本当にショックを受けると足に力が入らなくなるものなんだな、なんてどこかで思いながらどうしようもない願いに縋る。もう、そうするしかなかった。

 誰か、誰か嘘だと言ってくれ……っ。どうして静佳がこんな目に遭わなければならないんだ……っ。

 世の中は、理不尽だ――。



 それから静佳は、結局記憶を取り戻す事なく命を枯らせた。あっけなかった、と言わざるを得なかった。

 静佳が患っていたこの病気は、精神的なもので物理的な痛みはないが相当な負担がかかると説明されていた。

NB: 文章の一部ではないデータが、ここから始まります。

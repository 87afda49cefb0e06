//! The texts of a term among binders, and of an entry.
ghost use Rattle.std.specs.Prelude.{◌≡◌, [], ◌++◌, IfOk, OnOk};
ghost use Rattle.lego_print.specs.Texts.{term_text, seen_text, typing_text, outer_scope};
ghost use Rattle.lego_print.specs.Entries.{item_entry, entry_text, entry_command, said, declared};
ghost use Rattle.lego_print.specs.private.Counted.{AreCounted};
ghost use Rattle.lego_print.specs.private.Numbered.{scope_of};
ghost use Rattle.std.specs.Option.{option_copied};

use crate::entries::Entries;
use crate::item::Item;
use crate::locals::Locals;
use crate::page::{Page, Printer};
use crate::pieces::name_text;
use crate::shown::Shown;
use crate::term::push_term;
use lego_base::Names;
use lego_term::{Mark, Seen};
use std::alloc::{AllocError, Global};

/// The text of a term under the binders around it, each of which gets a printed name.
pub fn term_text<E: Entries>(
    alloc: Global,
    names: &Names,
    entries: &E,
    seen: &Seen,
    levels: Shown<'_>,
) -> Result<Vec<u8>, AllocError>
    ensures { IfOk result (λ text. text.items ≡ seen_text levels.entry (outer_scope names.now (E.called entries.now) (E.in_scope entries.now)) seen.now) }
{
    let printer = Printer {
        alloc,
        names,
        entries,
        levels,
    };
    let mut page = Page::new(alloc);
    for x in seen.under.items() {
        let frame = printer.frame(&page, x.name)?;
        let _outer = page.enter(frame)?;
    }
    push_term(&printer, &mut page, 0, &seen.term)?;
    let Page {
        text,
        locals: _,
        latest: _,
    } = page;
    Ok(text)
}

/// A term and its type, `M : T`, each under the binders around it.
pub fn typing_text<E: Entries>(
    alloc: Global,
    names: &Names,
    entries: &E,
    term: &Seen,
    ty: &Seen,
    levels: Shown<'_>,
) -> Result<Vec<u8>, AllocError>
    ensures { IfOk result (λ text. text.items ≡ typing_text levels.entry (outer_scope names.now (E.called entries.now) (E.in_scope entries.now)) term.now ty.now) }
{
    let mut text = term_text(alloc, names, entries, term, levels)?;
    let ty = term_text(alloc, names, entries, ty, levels)?;
    text.extend_from_slice(b" : ")?;
    text.extend_from_slice(ty.as_slice())?;
    Ok(text)
}

/// The line of an entry: `x : T`, `x | T` for an implicit assumption, `x = M : T` for a
/// definition. The entries before it are in scope.
pub fn entry_text<E: Entries>(
    alloc: Global,
    names: &Names,
    entries: &E,
    item: Item<'_>,
    levels: Shown<'_>,
) -> Result<Vec<u8>, AllocError>
    ensures { IfOk result (λ text. text.items ≡ entry_text levels.entry (outer_scope names.now (E.called entries.now) (E.in_scope entries.now)) (item_entry item.entry)) }
{
    let mut page = Page::new(alloc);
    push_entry(alloc, names, entries, item, levels, &mut page)?;
    let Page {
        text,
        locals: _,
        latest: _,
    } = page;
    Ok(text)
}

/// Adds the line of an entry without its end, under no local variable.
pub(crate) fn push_entry<E: Entries>(
    alloc: Global,
    names: &Names,
    entries: &E,
    item: Item<'_>,
    levels: Shown<'_>,
    page: &mut Page,
) -> Result<(), AllocError>
    requires { page.old.locals ≡ [] }
    ensures text { OnOk result (page.new.text.items ≡ page.old.text.items ++ entry_text levels.entry (outer_scope names.now (E.called entries.now) (E.in_scope entries.now)) (item_entry item.entry)) }
    ensures locals { OnOk result (page.new.locals ≡ []) }
{
    let printer = Printer {
        alloc,
        names,
        entries,
        levels,
    };
    page.text.extend_from_slice(name_text(names, item.name))?;
    push_said(&printer, page, item)
}

/// Adds what the line of an entry says behind its name.
fn push_said<E: Entries>(
    printer: &Printer<'_, E>,
    page: &mut Page,
    item: Item<'_>,
) -> Result<(), AllocError>
    requires { AreCounted printer.now.names.now (E.called printer.now.entries.now) (E.in_scope printer.now.entries.now) page.old.locals }
    ensures text { OnOk result (page.new.text.items ≡ page.old.text.items ++ said printer.now.levels (scope_of printer.now.names.now (E.called printer.now.entries.now) (E.in_scope printer.now.entries.now) page.old.locals) (option_copied item.entry.body) item.entry.mark item.entry.ty.now) }
    ensures locals { OnOk result (page.new.locals ≡ page.old.locals) }
{
    match (item.body, item.mark) {
        (Some(body), _) => {
            page.text.extend_from_slice(b" = ")?;
            push_term(printer, page, 0, body)?;
            page.text.extend_from_slice(b" : ")?;
        }
        (None, Mark::Plain) => page.text.extend_from_slice(b" : ")?,
        (None, Mark::Implicit) => page.text.extend_from_slice(b" | ")?,
    }
    push_term(printer, page, 0, item.ty)
}

/// The command that declares an entry, and a line end: `[x:T];`, `[x|T];` or `[x=M:T];`. The
/// entries before it are in scope.
pub fn entry_command<E: Entries>(
    alloc: Global,
    names: &Names,
    entries: &E,
    item: Item<'_>,
    levels: Shown<'_>,
) -> Result<Vec<u8>, AllocError>
    ensures { IfOk result (λ text. text.items ≡ entry_command levels.entry (outer_scope names.now (E.called entries.now) (E.in_scope entries.now)) (item_entry item.entry)) }
{
    let mut page = Page::new(alloc);
    push_command(alloc, names, entries, item, levels, &mut page)?;
    let Page {
        text,
        locals: _,
        latest: _,
    } = page;
    Ok(text)
}

/// Adds the command that declares an entry, under no local variable.
pub(crate) fn push_command<E: Entries>(
    alloc: Global,
    names: &Names,
    entries: &E,
    item: Item<'_>,
    levels: Shown<'_>,
    page: &mut Page,
) -> Result<(), AllocError>
    requires { page.old.locals ≡ [] }
    ensures text { OnOk result (page.new.text.items ≡ page.old.text.items ++ entry_command levels.entry (outer_scope names.now (E.called entries.now) (E.in_scope entries.now)) (item_entry item.entry)) }
    ensures locals { OnOk result (page.new.locals ≡ []) }
{
    let printer = Printer {
        alloc,
        names,
        entries,
        levels,
    };
    page.text.extend_from_slice(b"[")?;
    page.text.extend_from_slice(name_text(names, item.name))?;
    push_declared(&printer, page, item)?;
    page.text.extend_from_slice(b"];\n")
}

/// Adds what the command of an entry says behind its name.
fn push_declared<E: Entries>(
    printer: &Printer<'_, E>,
    page: &mut Page,
    item: Item<'_>,
) -> Result<(), AllocError>
    requires { AreCounted printer.now.names.now (E.called printer.now.entries.now) (E.in_scope printer.now.entries.now) page.old.locals }
    ensures text { OnOk result (page.new.text.items ≡ page.old.text.items ++ declared printer.now.levels (scope_of printer.now.names.now (E.called printer.now.entries.now) (E.in_scope printer.now.entries.now) page.old.locals) (option_copied item.entry.body) item.entry.mark item.entry.ty.now) }
    ensures locals { OnOk result (page.new.locals ≡ page.old.locals) }
{
    match (item.body, item.mark) {
        (Some(body), _) => {
            page.text.extend_from_slice(b"=")?;
            push_term(printer, page, 0, body)?;
            page.text.extend_from_slice(b":")?;
        }
        (None, Mark::Plain) => page.text.extend_from_slice(b":")?,
        (None, Mark::Implicit) => page.text.extend_from_slice(b"|")?,
    }
    push_term(printer, page, 0, item.ty)
}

 記憶がなくなる度に脳に負担がかかり、パンクしてしまうのだそう。

 それに静佳は元々の持病も重なり、最期は抗えずに死んでしまった。

「静佳に百合なんて似合わない。デイジーの花冠のほうがよっぽど似合っているさ。」

 病室で目を閉じた静佳、棺の中に入っていた静佳は何よりも綺麗で美しくて儚い。誰よりも尊く、僕の人生をかけて大事にした人が眠っていた。

『静佳……っ、静佳……!』

『……と、う。』

『は……?』

『いま、まで、ありがとう……そういち、くん。』

 っ……。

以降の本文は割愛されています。